Original article was published by /u/gold_twister on Deep Learning
I’m working on a project where I need to estimate the 6DOF pose of a known 3D CAD object in a single RGB image – i.e. this task: https://paperswithcode.com/task/6d-pose-estimation. There are several constraints on the problem:
- Usable commercially (licensed under BSD, MIT, BOOST, etc.), not GPL.
- The CAD object is known and we do NOT aim for generality (i.e.recognize the class of all chairs).
- The CAD object can be uploaded by a user, so it may have symmetries and a range of textures.
- Inference step will be run on a smartphone, and should be able to run at >30fps.
- The inference step can either be a) find the pose of the object once and then I can write code to continue to track it or b) find the pose of the object continuously. I.e. the model doesn’t need to have any continuous refinement steps after the initial pose estimate is found.
- Can be anywhere on the scale of single instance of a single object to multiple instances of multiple objects (MiMo). MiMO is preferred, but not required.
- If a deep learning approach is used, the training time required for a new CAD object should be on the order of hours, not days.
- Can either 1) just find the initial pose of an object and not have any refinement steps after or 2) find the initial pose of the object and also have refinement steps after.
I am open to traditional approaches (i.e. 2D->3D correspondences then solving with PnP), but it seems like deep learning approaches outperform them (classical are too slow – Real time 6D pose estimation of known 3D CAD objects from a single 2D image or point clouds from RGBD Camera when objects are one on top of the other?).

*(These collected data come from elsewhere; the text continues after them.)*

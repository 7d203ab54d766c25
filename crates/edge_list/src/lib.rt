// The edges of a graph, listed: lower end first, sorted by lower, then higher end, two bytes each.
// Above 64 vertices none is listed.
#![tactic(auto)]

ghost use Rattle.std.specs.Prelude.{◌≡◌, ◌+◌, ◌*◌, ◌≤◌, ◌<◌, length};
ghost use Rattle.model.specs.Crossings.{edges};
ghost use Rattle.model.specs.WrittenCharts.{edge_bytes};
ghost use Rattle.laws.specs.Buffers.Writing.{Written};
ghost use Rattle.text.specs.Room.{Put};
ghost use Rattle.edge_list.specs.Rows.{listed_edges, row_edges};

// How many edges there are.
pub fn edge_count(n: usize, adjacency: &[u64; 64]) -> u32
    ensures { result ≡ length (listed_edges n adjacency.now) }
{
    if 64 < n {
        return 0;
    }
    let mut total: u32 = 0;
    for a in 0..n {
        total += row_count(n, adjacency[a], a);
    }
    total
}

// Writes the edges into a lent buffer from place at on, and answers the place behind them. Where
// there is no room it writes nothing, and answers the place itself.
pub fn put_edges(out: &mut [u8], at: usize, n: usize, adjacency: &[u64; 64]) -> usize
    ensures { let es = listed_edges n adjacency.now in
        Put (2 * length es) out.old at (edge_bytes es) out.new result }
{
    let count = edge_count(n, adjacency) as usize;
    if 64 < n || text::lacks(out.len(), at, 2 * count) {
        return at;
    }
    put_rows(out, at, n, adjacency)
}

fn put_rows(out: &mut [u8], at: usize, n: usize, adjacency: &[u64; 64]) -> usize
    requires { (n ≤ 64) × (at + 2 * length (edges n adjacency.now) ≤ length out.old) }
    ensures { Written out.old at (edge_bytes (edges n adjacency.now)) out.new result }
{
    let mut to = at;
    for a in 0..n {
        to = put_row(out, to, n, adjacency[a], a);
    }
    to
}

// The edges from a to higher vertices.
fn put_row(out: &mut [u8], at: usize, n: usize, word: u64, a: usize) -> usize
    requires { (n ≤ 64) × (a < n) × (at + 2 * length (row_edges word a n) ≤ length out.old) }
    ensures { Written out.old at (edge_bytes (row_edges word a n)) out.new result }
{
    let mut to = at;
    for b in a + 1..n {
        if words::is_set(word, b) {
            out[to] = a as u8;
            out[to + 1] = b as u8;
            to += 2;
        }
    }
    to
}

// How many edges there are from a to higher vertices: bits below n that are not among the first a + 1.
fn row_count(n: usize, word: u64, a: usize) -> u32
    requires { (n ≤ 64) × (a < n) }
    ensures { result ≡ length (row_edges word a n) }
{
    let below = words::count(word, words::low_bits(n));
    let lower = words::count(word, words::low_bits(a + 1));
    below - lower
}
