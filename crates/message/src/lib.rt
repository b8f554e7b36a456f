// Whole messages: one walk over the sections of a lent message, and its fields' sections as parts of it. Nothing is copied.
#![tactic(auto)]

ghost use Rattle.std.specs.Prelude.{◌≡◌, drop, take};
ghost use Rattle.cutting.specs.Cuts.{cut_of};
ghost use Rattle.cutting.specs.Sections.{section_step};
ghost use Rattle.layout.specs.Outcomes.{check_of};
ghost use Rattle.layout.specs.Spans.{octets_in};
ghost use Rattle.identification.specs.Section1.{outcome₁};
ghost use Rattle.grid.specs.Section3.{outcome₃};
ghost use Rattle.field.specs.Field.{field_check};
ghost use Rattle.message.specs.Walk.{no_sections, told, in_force, unless_refused, may_follow, other_six, section_refusal, end_refusal, judged, start_walk};
ghost use Rattle.message.specs.Messages.{start_refusal, cut_message, shown_in, outcome_of, same_section, WasRead, OpeningRead, found_in, fields_read, read_message, field_of, span_of, section_in};

use layout::{Refusal, Span};

// GRIB and 7777, as numbers of four octets.
const START: u32 = 0x4752_4942;

const END: u32 = 0x3737_3737;
// The number of the section with which a field ends.
const DATA: u8 = 7;

// Where the five sections of a field stand in their message.
#[derive(Clone, Copy, PartialEq, Eq)]
pub struct Sections {
    pub one: Span,
    pub three: Span,
    pub four: Span,
    pub five: Span,
    pub seven: Span,
}

// The fields of a message, of which the first `count` are there: at most 16, so that they need no heap.
#[derive(Clone, Copy, PartialEq, Eq)]
pub struct Fields {
    pub count: usize,
    pub fields: [Sections; 16],
}

impl Fields {
    // Those that are there.
    pub fn found(&self) -> &[Sections]
        ensures { result.now ≡ take self.now.count self.now.fields }
    {
        &self.fields[..self.count.min(16)]
    }
}

// Reads a message: 2 and 22 to 25 by its frame, and then the refusal of the first field refused.
#[tactic(auto, unfolding(crate::specs::Messages::read_message))]
pub fn read(message: &[u8]) -> Result<Fields, Refusal>
    ensures { told result ≡ read_message message.now }
{
    let fields = cut_frame(message)?;
    check_fields(message, fields)?;
    Ok(fields)
}

// A section of the k-th field, from 0: those very octets of the message. No octets where the message is refused, where it has no such
// field, and for a section that is none of the five.
#[tactic(auto, unfolding(crate::specs::Messages::section_in))]
pub fn section(message: &[u8], answer: Result<Fields, Refusal>, k: usize, section: u8) -> &[u8]
    ensures { result.now ≡ section_in message.now (told answer) k section }
{
    span_of(field_of(answer, k), section).of(message)
}

// Where the k-th field's sections stand, from 0; of a refused message and past the last field, nowhere.
#[tactic(auto, using(octets::proofs::Lists::unmapped))]
pub fn field_of(answer: Result<Fields, Refusal>, k: usize) -> Sections
    ensures { result ≡ field_of (told answer) k }
{
    let fields = match answer {
        Ok(fields) => fields,
        Err(_) => return no_sections(),
    };
    if fields.count <= k {
        return no_sections();
    }
    if 15 < k {
        return no_sections();
    }
    fields.fields[k]
}

// Where a section stands, asked for by document 01's number, as every refusal and C have it; one that is none of the five stands nowhere.
#[tactic(auto, unfolding(crate::specs::Messages::numbered))]
pub fn span_of(sections: Sections, section: u8) -> Span
    ensures { result ≡ span_of sections section }
{
    match section {
        1 => sections.one,
        3 => sections.three,
        4 => sections.four,
        5 => sections.five,
        7 => sections.seven,
        _ => Span::NOWHERE,
    }
}

// Reads the fields that were found, in order, up to the first that is refused.
fn check_fields(message: &[u8], fields: Fields) -> Result<(), Refusal>
    ensures { unless_refused result (told (Ok fields)) ≡ fields_read (told (Ok fields)) (found_in message.now (told (Ok fields))) }
{
    let mut before = no_sections();
    for sections in fields.found() {
        check_field(message, before, *sections)?;
        before = *sections;
    }
    Ok(())
}

// Reads one field, whose sections are parts of the message, behind the field before.
#[tactic(auto, using(crate::proofs::Reading::field_checks), unfolding(layout::specs::Outcomes::and_check))]
fn check_field(message: &[u8], before: Sections, sections: Sections) -> Result<(), Refusal>
    requires { OpeningRead message.now before }
    ensures { result ≡ field_check (outcome_of (shown_in message.now sections)) }
{
    check_one(message, before.one, sections.one)?;
    check_three(message, before.three, sections.three)?;
    let points = octets::u32_at(sections.three.of(message), 7);
    field::check_later(
        points,
        sections.four.of(message),
        sections.five.of(message),
        sections.seven.of(message),
    )
}

// Section 1 of a field: one that the field before has too was read there, and is not read again.
#[tactic(auto, using(crate::proofs::Reading::refused_check, crate::proofs::Reading::passed_check, crate::proofs::Reading::again_check))]
fn check_one(message: &[u8], before: Span, section: Span) -> Result<(), Refusal>
    requires { WasRead outcome₁ message.now before }
    ensures { result ≡ check_of (outcome₁ (octets_in section message.now)) }
{
    if !stands_there(before, section) {
        identification::read(section.of(message))?;
    }
    Ok(())
}

// Section 3, in the same way: one function over the reader would ask for its contract as a parameter, in the place of these few lines.
#[tactic(auto, using(crate::proofs::Reading::refused_check, crate::proofs::Reading::passed_check, crate::proofs::Reading::again_check))]
fn check_three(message: &[u8], before: Span, section: Span) -> Result<(), Refusal>
    requires { WasRead outcome₃ message.now before }
    ensures { result ≡ check_of (outcome₃ (octets_in section message.now)) }
{
    if !stands_there(before, section) {
        grid::read(section.of(message))?;
    }
    Ok(())
}

// Whether a section is the one that stands at `before`; where that is nowhere, none does.
#[tactic(auto, unfolding(crate::specs::Messages::same_section))]
fn stands_there(before: Span, section: Span) -> bool
    ensures { result ≡ same_section before section }
{
    before.length != 0 && before == section
}

// The frame: section 0, the walk over the sections, the last four octets.
#[tactic(auto, using(crate::proofs::Clear::starts), unfolding(crate::specs::Messages::cut_message))]
fn cut_frame(message: &[u8]) -> Result<Fields, Refusal>
    ensures { told result ≡ cut_message message.now }
{
    check_start(message)?;
    let end = message.len() - 4;
    let right = octets::u32_at(message, end + 1) == END;
    walk_sections(octets::part_after(message, 0, end), right)
}

// 2, and 22 by the length or by section 0.
#[tactic(auto, unfolding(crate::specs::Messages::start_refusal, layout::specs::Outcomes::first_refusal))]
fn check_start(message: &[u8]) -> Result<(), Refusal>
    ensures { result ≡ start_refusal message.now }
{
    if 65536 < message.len() {
        return Err(Refusal::of(2, 0));
    }
    if message.len() < 20 {
        return Err(Refusal::of(22, 0));
    }
    if octets::u32_at(message, 1) != START {
        return Err(Refusal::of(22, 0));
    }
    if octets::u8_at(message, 8) != 2 {
        return Err(Refusal::of(22, 0));
    }
    if octets::u64_at(message, 9) != message.len() as u64 {
        return Err(Refusal::of(22, 0));
    }
    Ok(())
}

// From section to section, from octet 17 on. What stands before the last four octets is lent, so that no section can run into them; `right`
// says whether they are 7777. The walk goes on by as many octets as the section has, and by no count.
fn walk_sections(body: &[u8], right: bool) -> Result<Fields, Refusal>
    ensures { told result ≡ judged right 16 start_walk (cut_of section_step (drop 16 body.now)) }
{
    let mut last: u8 = 0;
    let mut force = no_sections();
    let mut found = no_fields();
    let mut at: usize = 16;
    while at < body.len() {
        let Some(end) = cutting::end_after(body, at) else {
            return Err(Refusal::of(23, 0));
        };
        let section = cutting::stretch(body, at, end);
        check_section(section, last, found.count)?;
        last = octets::u8_at(section, 5);
        let length = end - at;
        force = in_force(force, last, Span { before: at, length });
        if last == DATA {
            found.fields[found.count] = force;
            found.count += 1;
        }
        at = end;
    }
    check_end(last, right)?;
    Ok(found)
}

// 23 to 25 at a section which stands behind section `last` and behind `count` fields.
#[tactic(auto, unfolding(crate::specs::Walk::section_refusal, layout::specs::Outcomes::first_refusal))]
fn check_section(section: &[u8], last: u8, count: usize) -> Result<(), Refusal>
    ensures { result ≡ section_refusal last count section.now }
{
    if !may_follow(last, octets::u8_at(section, 5)) {
        return Err(Refusal::of(23, 0));
    }
    if other_six(section) {
        return Err(Refusal::of(24, 0));
    }
    if 15 < count {
        return Err(Refusal::of(25, 0));
    }
    Ok(())
}

// At the last four octets: 23 behind another section than a 7, then 25 where they are not 7777.
#[tactic(auto, unfolding(crate::specs::Walk::end_refusal, layout::specs::Outcomes::first_refusal))]
fn check_end(last: u8, right: bool) -> Result<(), Refusal>
    ensures { result ≡ end_refusal last right }
{
    if last != 7 {
        return Err(Refusal::of(23, 0));
    }
    if !right {
        return Err(Refusal::of(25, 0));
    }
    Ok(())
}

// Whether a section of number `next` may stand behind one of number `last`; before the first there is none, 0.
#[tactic(auto, unfolding(crate::specs::Walk::may_follow, layout::specs::Fields::between))]
fn may_follow(last: u8, next: u8) -> bool
    ensures { result ≡ may_follow last next }
{
    match last {
        7 => (2..=4).contains(&next),
        1 => (2..=3).contains(&next),
        _ => next as u32 == last as u32 + 1,
    }
}

// A section 6 other than 6 octets with 255.
#[tactic(auto, unfolding(crate::specs::Walk::other_six))]
fn other_six(section: &[u8]) -> bool
    ensures { result ≡ other_six section.now }
{
    octets::u8_at(section, 5) == 6 && !(section.len() == 6 && octets::u8_at(section, 6) == 255)
}

// The sections in force, with one more: 2 and 6 are passed over.
#[tactic(auto, unfolding(crate::specs::Walk::in_force))]
fn in_force(sections: Sections, number: u8, span: Span) -> Sections
    ensures { result ≡ in_force sections number span }
{
    let mut after = sections;
    match number {
        1 => after.one = span,
        3 => after.three = span,
        4 => after.four = span,
        5 => after.five = span,
        7 => after.seven = span,
        _ => {}
    }
    after
}

fn no_sections() -> Sections
    ensures { result ≡ no_sections }
{
    Sections {
        one: Span::NOWHERE,
        three: Span::NOWHERE,
        four: Span::NOWHERE,
        five: Span::NOWHERE,
        seven: Span::NOWHERE,
    }
}

fn no_fields() -> Fields
    ensures { told (Ok result) ≡ start_walk.found }
{
    let none = no_sections();
    Fields {
        count: 0,
        fields: [none; 16],
    }
}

Looking at deep learning approaches (poseCNN, HybridPose, Pix2Pose, CosyPose), it seems most of them match these constraints, except that they require model training time. Though perhaps I can use a single pre-trained model and then specialize it for each new CAD object with a shorter training step. But I am not sure of this, and I think success probably relies on the specific model chosen. For example, this project says it requires 3 hours of training time: https://github.com/DLR-RM/AugmentedAutoencoder.
So, my question: would somebody know what the state of the art, commercially usable implementation that doesn’t require extensive training time for a new CAD object is?